Sonst braucht man kein Auge auf die Gans zu haben. Es ist nicht einmal noetig, sie wie sonst ueblich kurz vor Schluss noch einmal mit kaltem Salzwasser zu bepinseln - die Haut ist auch so schoen knusprig.
Die Sauce: Etwa 15 Minuten vor dem Essen wird die Sauce zubereitet: Den Bratenfond aus der Fettpfanne in eine Kasserolle giessen. Am besten eine Fett-Mager-Terrine verwenden, die das meiste Fett ganz einfach abtrennt. Die restliche Marinade zusammen mit der uebrigen Kokossahne zufuegen und etwa fuenf Minuten leise koecheln. Die Sauce mit dem Puerierstab aufmixen und mit je einem Schuss Balsamico und Zitronensaft abschmecken.

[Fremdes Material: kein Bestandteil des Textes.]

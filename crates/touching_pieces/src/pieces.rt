//! Rectangles that belong to items, and whether two of them touch.

ghost use Rattle.std.specs.Prelude.{◌≡◌, ◌↔◌, ◌&&◌, int_le, int_lt, true};
ghost use Rattle.touching_pieces.specs.Touching.{is_near, touches};
ghost use Rattle.geo_base.specs.Rects.{is_rect};
ghost use Rattle.touching_pieces.specs.Touching.{AreTouching};

use geo_base::Rect;

/// A rectangle of a conductor, and the number of the item that it belongs to.
#[derive(Clone, Copy, Debug, PartialEq, Eq)]
pub struct Piece {
    pub conductor: u32,
    pub rect: Rect,
    pub item: u32,
}

// Whether what two rectangles have in common is a square or more high; it may have no width.
fn is_beside(common: &Rect) -> bool
    ensures { result ≡ (int_le common.now.x1 common.now.x2 && int_lt common.now.y1 common.now.y2) }
{
    common.x1 <= common.x2 && common.y1 < common.y2
}

// Whether it is a square or more wide; it may have no height.
fn is_over(common: &Rect) -> bool
    ensures { result ≡ (int_lt common.now.x1 common.now.x2 && int_le common.now.y1 common.now.y2) }
{
    common.x1 < common.x2 && common.y1 <= common.y2
}

fn is_near(a: &Rect, b: &Rect) -> bool
    ensures { result ≡ is_near a.now b.now }
{
    let common = a.common(b);
    is_beside(&common) || is_over(&common)
}

fn are_rects(a: &Rect, b: &Rect) -> bool
    ensures { result ≡ (is_rect a.now && is_rect b.now) }
{
    a.is_rect() && b.is_rect()
}

pub(crate) fn touches_by_sides(a: &Rect, b: &Rect) -> bool
    ensures { result ≡ touches a.now b.now }
{
    is_near(a, b) && are_rects(a, b)
}

/// Whether the rectangles have a square in common, or squares that share an edge; a common corner
/// isn't enough.
pub fn touches(a: &Rect, b: &Rect) -> bool
    ensures { (result ≡ true) ↔ AreTouching a.now b.now }
{
    touches_by_sides(a, b)
}
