//! Pieces that lie over one another: one that touches many of a list makes a class of them.

ghost use Rattle.std.specs.Prelude.{◌≡◌, ◌<◌, length, get_or, IfOk, IfSome, OnOk, [], ◌∷◌};
ghost use Rattle.touching_pieces.specs.Crowds.{AddsCrowd, AddsFirsts, apart_from, touched_by};

use crate::pairs::{link_one, link_two};
use crate::pieces::{Piece, touches, touches_by_sides};
use geo_base::Rect;
use link_classes::Link;
use std::alloc::{AllocError, Global};

// Lists this short have no hub.
const FEW: usize = 16;

// A hub touches one in so many.
const RARE: usize = 8;

// How far the rectangle goes within another, across and up.
fn extent(rect: &Rect, within: &Rect) -> i64 {
    let common = rect.common(within);
    let across = common.x2.saturating_sub(common.x1);
    let up = common.y2.saturating_sub(common.y1);
    across.saturating_add(up)
}

// The number of the piece that goes farthest within a rectangle.
fn widest(pieces: &[Piece], within: &Rect) -> usize {
    let mut best = 0;
    let mut most = i64::MIN;
    for k in 0..pieces.len() {
        let far = extent(&pieces[k].rect, within);
        if far > most {
            most = far;
            best = k;
        }
    }
    best
}

fn touched_count(one: &Piece, others: &[Piece]) -> usize {
    let mut count = 0usize;
    for other in others {
        if touches(&one.rect, &other.rect) {
            count = count.saturating_add(1);
        }
    }
    count
}

/// The number of a piece that touches many of the others, if both lists are long and it goes
/// farthest within a rectangle.
pub fn hub_of(ones: &[Piece], others: &[Piece], within: &Rect) -> Option<usize>
    ensures { IfSome result (λ k. k < length ones.now) }
{
    if ones.len() <= FEW || others.len() <= FEW {
        return None;
    }
    let hub = widest(ones, within);
    if hub < ones.len() && touched_count(&ones[hub], others) >= others.len() / RARE {
        return Some(hub);
    }
    None
}

fn touched_by(alloc: Global, one: &Piece, others: &[Piece]) -> Result<Vec<Piece>, AllocError>
    ensures { IfOk result (λ v. v.items ≡ touched_by one.now others.now) }
{
    others
        .iter()
        .filter(|p| touches_by_sides(&one.rect, &p.rect))
        .copied()
        .collect(alloc)
}

fn apart_from(alloc: Global, one: &Piece, others: &[Piece]) -> Result<Vec<Piece>, AllocError>
    ensures { IfOk result (λ v. v.items ≡ apart_from one.now others.now) }
{
    others
        .iter()
        .filter(|p| !touches_by_sides(&one.rect, &p.rect))
        .copied()
        .collect(alloc)
}

// Links the piece with the first that it touches of a list.
fn link_next(one: &Piece, others: &[Piece], out: &mut Vec<Link>) -> Result<(), AllocError>
    ensures { OnOk result (AddsFirsts (one.now ∷ []) others.now out.old.items out.new.items) }
{
    for other in others {
        if touches(&one.rect, &other.rect) {
            link_two(one, other, out)?;
            return Ok(());
        }
    }
    Ok(())
}

// The same; the one of that number is tried before all.
fn link_first(
    one: &Piece,
    best: usize,
    others: &[Piece],
    out: &mut Vec<Link>,
) -> Result<(), AllocError>
    ensures { OnOk result (AddsFirsts (one.now ∷ []) others.now out.old.items out.new.items) }
{
    if best < others.len() {
        if touches(&one.rect, &others[best].rect) {
            link_two(one, &others[best], out)?;
            return Ok(());
        }
    }
    link_next(one, others, out)?;
    Ok(())
}

fn link_firsts(
    ones: &[Piece],
    best: usize,
    others: &[Piece],
    out: &mut Vec<Link>,
) -> Result<(), AllocError>
    ensures { OnOk result (AddsFirsts ones.now others.now out.old.items out.new.items) }
{
    for one in ones {
        link_first(one, best, others, out)?;
    }
    Ok(())
}

/// Links a piece of a list with those of another that it touches, and each piece with the first of
/// these that it touches: that is one class. Hands on those of the other list that are left.
pub fn link_crowd(
    alloc: Global,
    hub: usize,
    ones: &[Piece],
    others: &[Piece],
    within: &Rect,
    out: &mut Vec<Link>,
) -> Result<Vec<Piece>, AllocError>
    requires { hub < length ones.now }
    ensures { IfOk result (λ v. AddsCrowd ones.now others.now v.items out.old.items
        out.new.items) }
{
    let touched = touched_by(alloc, &ones[hub], others)?;
    link_one(&ones[hub], &touched, out)?;
    let best = widest(&touched, within);
    link_firsts(ones, best, &touched, out)?;
    let left = apart_from(alloc, &ones[hub], others)?;
    Ok(left)
}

Das Servieren: Eine Gans zu tranchieren ist viel weniger schwierig, als man denkt: Zuerst trennt man die Keulen und Fluegel ab, dann loest man das Brustfleisch heraus und schneidet es auf einem Brett in schmale, hoechstens zentimeterstarke Scheiben. Am besten macht man das vor den Augen der Gaeste am Tisch, so dass jeder gleich sein Lieblingsstueck in Empfang nehmen kann.
Das Getraenk: Dazu brauchen wir natuerlich einen dem hohen Fest angemessenen grossen Rotwein. Ein Grand Cru aus dem Bordeaux etwa waere angesagt, ein edler Barolo oder auch ein gehaltvoller Chianti. Natuerlich passt auch ein grosser Burgunder.